Thanks for the update Springy! I to have no idea what goes into making them so its fascinating to hear!


----------



## lauraandjack (10 February 2013)

My whip is a molucca cane one, looks similar to the top one in your pic, I'd say most of this kind are probably ladies or childs whips as they are quite slim to hold, I actually find the knobbles quite comfy as it gives a bit of grip and it sits in your hand quite nicely.

Gents ones seem to have thicker shafts and longer hooks, mine has quite a short hook.

No idea on lengths sorry, my whip is in the lorry at the yard!


----------



## Springy (13 February 2013)

The 2 restored whips













Im very pleased with them  and oh was delighted too


----------



## Festive_Felicitations (13 February 2013)

They look lovely! Thanks for sharing the finished photos!


----------



## Springy (14 February 2013)

The photos dont do them justice they are lovely


----------



## Hunters (15 February 2013)

Beautiful whips


----------



## Springy (3 April 2013)

Hi... I just wanted to share the beautiful local craftsmanship that has gone into making these gifts..... Now they are eventually done.....hubbys is a bespoke black buffalo horn carved horses hoof handle with wedding date in roman numerals engraved into the silver collar and initials on the other side of the collar and a black thorn shank.... Mine is a stunning carved antler with a black thorn hand stripped shank. With a coloured buffalo horn crown and white buffalo horn neck with an engraved (with my initials) silver collar.... I cannot reccommend this work highly enough and the pictures dont do justice .....


----------



## Springy (3 April 2013)




----------



## Springy (3 April 2013)




----------



## Springy (3 April 2013)




----------



## Springy (3 April 2013)




----------



## Springy (3 April 2013)




----------



## Springy (3 April 2013)




----------



## Springy (3 April 2013)

Sorry im on phone hence all the rubbish pics and lots of posts


----------



## Springy (3 April 2013)

Im so pleased with them... well worth paying for bespoke ones


----------



## Springy (15 April 2013)

I take it nobody else liked them  lol....... slopes off stage right.......sad face.......


----------



## Maesfen (15 April 2013)

Don't worry about it, it's all down to personal taste; what suits one won't suit another.

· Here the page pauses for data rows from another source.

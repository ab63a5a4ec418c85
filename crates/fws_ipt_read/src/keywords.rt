//! The words of a rule: options, modules and targets of iptables(8) and iptables-extensions(8).

ghost use Rattle.std.specs.Prelude.{◌≡◌};
ghost use Rattle.fws_ipt.specs.Options.{test_option, target_option, other_keyword, keyword_of, is_module, target_word, is_left_out_target, belongs, needs_option};

use fws_ipt::{Keyword, TargetOption, TargetWord, TestOption};
use fws_num::value_named;
use fws_rules::is_one_of;

/// Options that test a packet.
const TEST_OPTIONS: [(&[u8], TestOption); 19] = [
    (b"-s", TestOption::Source),
    (b"-d", TestOption::Destination),
    (b"-i", TestOption::InInterface),
    (b"-o", TestOption::OutInterface),
    (b"-p", TestOption::Protocol),
    (b"--sport", TestOption::SourcePort),
    (b"--dport", TestOption::DestinationPort),
    (b"--sports", TestOption::SourcePorts),
    (b"--dports", TestOption::DestinationPorts),
    (b"--tcp-flags", TestOption::TcpFlags),
    (b"--syn", TestOption::Syn),
    (b"--icmp-type", TestOption::IcmpType),
    (b"--state", TestOption::State),
    (b"--ctstate", TestOption::ConnectionState),
    (b"--mark", TestOption::Mark),
    (b"--src-range", TestOption::SourceRange),
    (b"--dst-range", TestOption::DestinationRange),
    (b"--src-type", TestOption::SourceType),
    (b"--dst-type", TestOption::DestinationType),
];

/// Options of targets.
const TARGET_OPTIONS: [(&[u8], TargetOption); 15] = [
    (b"--reject-with", TargetOption::RejectWith),
    (b"--log-prefix", TargetOption::LogPrefix),
    (b"--log-level", TargetOption::LogLevel),
    (b"--log-tcp-sequence", TargetOption::LogTcpSequence),
    (b"--log-tcp-options", TargetOption::LogTcpOptions),
    (b"--log-ip-options", TargetOption::LogIpOptions),
    (b"--log-uid", TargetOption::LogUid),
    (b"--nflog-group", TargetOption::NflogGroup),
    (b"--nflog-prefix", TargetOption::NflogPrefix),
    (b"--set-xmark", TargetOption::SetXmark),
    (b"--set-mark", TargetOption::SetMark),
    (b"--to-source", TargetOption::ToSource),
    (b"--to-destination", TargetOption::ToDestination),
    (b"--to-ports", TargetOption::ToPorts),
    (b"--to", TargetOption::ToNetwork),
];

/// Keywords that are no options of tests or targets.
const OTHER_KEYWORDS: [(&[u8], Keyword); 9] = [
    (b"!", Keyword::Not),
    (b"-m", Keyword::Match),
    (b"-j", Keyword::Jump),
    (b"-g", Keyword::Goto),
    (b"--comment", Keyword::Comment),
    (b"--limit", Keyword::Limit),
    (b"--limit-burst", Keyword::Limit),
    (b"-A", Keyword::Line),
    (b"COMMIT", Keyword::Line),
];

/// Modules whose options are read.
const MODULES: [&[u8]; 11] = [
    b"tcp",
    b"udp",
    b"icmp",
    b"multiport",
    b"state",
    b"conntrack",
    b"mark",
    b"iprange",
    b"addrtype",
    b"comment",
    b"limit",
];

/// Targets that are read.
const TARGET_WORDS: [(&[u8], TargetWord); 12] = [
    (b"ACCEPT", TargetWord::Accept),
    (b"DROP", TargetWord::Drop),
    (b"RETURN", TargetWord::Return),
    (b"REJECT", TargetWord::Reject),
    (b"LOG", TargetWord::Log),
    (b"NFLOG", TargetWord::Nflog),
    (b"MARK", TargetWord::Mark),
    (b"SNAT", TargetWord::Source),
    (b"DNAT", TargetWord::Destination),
    (b"MASQUERADE", TargetWord::Masquerade),
    (b"REDIRECT", TargetWord::Redirect),
    (b"NETMAP", TargetWord::Netmap),
];

/// Targets that are left out.
const LEFT_OUT_TARGETS: [&[u8]; 18] = [
    b"CHECKSUM",
    b"CLASSIFY",
    b"CONNMARK",
    b"CT",
    b"DSCP",
    b"HL",
    b"NFQUEUE",
    b"NOTRACK",
    b"QUEUE",
    b"SECMARK",
    b"SET",
    b"TCPMSS",
    b"TEE",
    b"TOS",
    b"TPROXY",
    b"TRACE",
    b"TTL",
    b"ULOG",
];

/// The option that tests a packet.
#[tactic(auto, unfolding(fws_ipt::specs::Options::test_option))]
fn test_option(text: &[u8]) -> Option<TestOption>
    ensures { result ≡ test_option text.now }
{
    value_named(&TEST_OPTIONS, text)
}

/// The option of a target.
#[tactic(auto, unfolding(fws_ipt::specs::Options::target_option))]
fn target_option(text: &[u8]) -> Option<TargetOption>
    ensures { result ≡ target_option text.now }
{
    value_named(&TARGET_OPTIONS, text)
}

/// A keyword that is no option of a test or a target.
#[tactic(auto, unfolding(fws_ipt::specs::Options::other_keyword))]
fn other_keyword(text: &[u8]) -> Option<Keyword>
    ensures { result ≡ other_keyword text.now }
{
    value_named(&OTHER_KEYWORDS, text)
}

/// The keyword that the word is, if it is one.
pub(crate) fn read_keyword(text: &[u8]) -> Option<Keyword>
    ensures { result ≡ keyword_of text.now }
{
    if let Some(option) = test_option(text) {
        return Some(Keyword::Test(option));
    }
    if let Some(keyword) = other_keyword(text) {
        return Some(keyword);
    }
    Some(Keyword::Target(target_option(text)?))
}

/// Whether it is a module whose options are read.
#[tactic(auto, unfolding(fws_ipt::specs::Options::is_module))]
pub(crate) fn is_module(text: &[u8]) -> bool
    ensures { result ≡ is_module text.now }
{
    is_one_of(&MODULES, text)
}

/// The target that the word is, if it is one that is read.
#[tactic(auto, unfolding(fws_ipt::specs::Options::target_word))]
pub(crate) fn read_target_word(text: &[u8]) -> Option<TargetWord>
    ensures { result ≡ target_word text.now }
{
    value_named(&TARGET_WORDS, text)
}

/// Whether it is a target that is left out.
#[tactic(auto, unfolding(fws_ipt::specs::Options::is_left_out_target))]
pub(crate) fn is_left_out_target(text: &[u8]) -> bool
    ensures { result ≡ is_left_out_target text.now }
{
    is_one_of(&LEFT_OUT_TARGETS, text)
}

/// Whether the option is one of the target's.
pub(crate) fn belongs(option: TargetOption, target: TargetWord) -> bool
    ensures { result ≡ belongs option target }
{
    match (option, target) {
        (TargetOption::RejectWith, TargetWord::Reject) => true,
        (
            TargetOption::LogPrefix
            | TargetOption::LogLevel
            | TargetOption::LogTcpSequence
            | TargetOption::LogTcpOptions
            | TargetOption::LogIpOptions
            | TargetOption::LogUid,
            TargetWord::Log,
        ) => true,
        (TargetOption::NflogGroup | TargetOption::NflogPrefix, TargetWord::Nflog) => true,
        (TargetOption::SetXmark | TargetOption::SetMark, TargetWord::Mark) => true,
        (TargetOption::ToSource, TargetWord::Source) => true,
        (TargetOption::ToDestination, TargetWord::Destination) => true,
        (TargetOption::ToPorts, TargetWord::Redirect) => true,
        (TargetOption::ToNetwork, TargetWord::Netmap) => true,
        _ => false,
    }
}

/// Whether the target needs one of its options, as SNAT, DNAT, NETMAP and MARK do.
pub(crate) fn needs_option(target: TargetWord) -> bool
    ensures { result ≡ needs_option target }
{
    matches!(
        target,
        TargetWord::Mark | TargetWord::Source | TargetWord::Destination | TargetWord::Netmap
    )
}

FWIW, the first two whips look fine and usable but the last ones, for me are beautifully crafted but too arty farty for practical use, decorative items only IMHO, sorry if it's not what you wanted to hear but you did ask.


----------



## Springy (15 April 2013)

They are arty farty lol but they are also for use they are weighted properly and tested to ensure they can be used  
Just need to buy 2 decent thongs... bought 2 in ebay new ones but really not happy with the quality of them


----------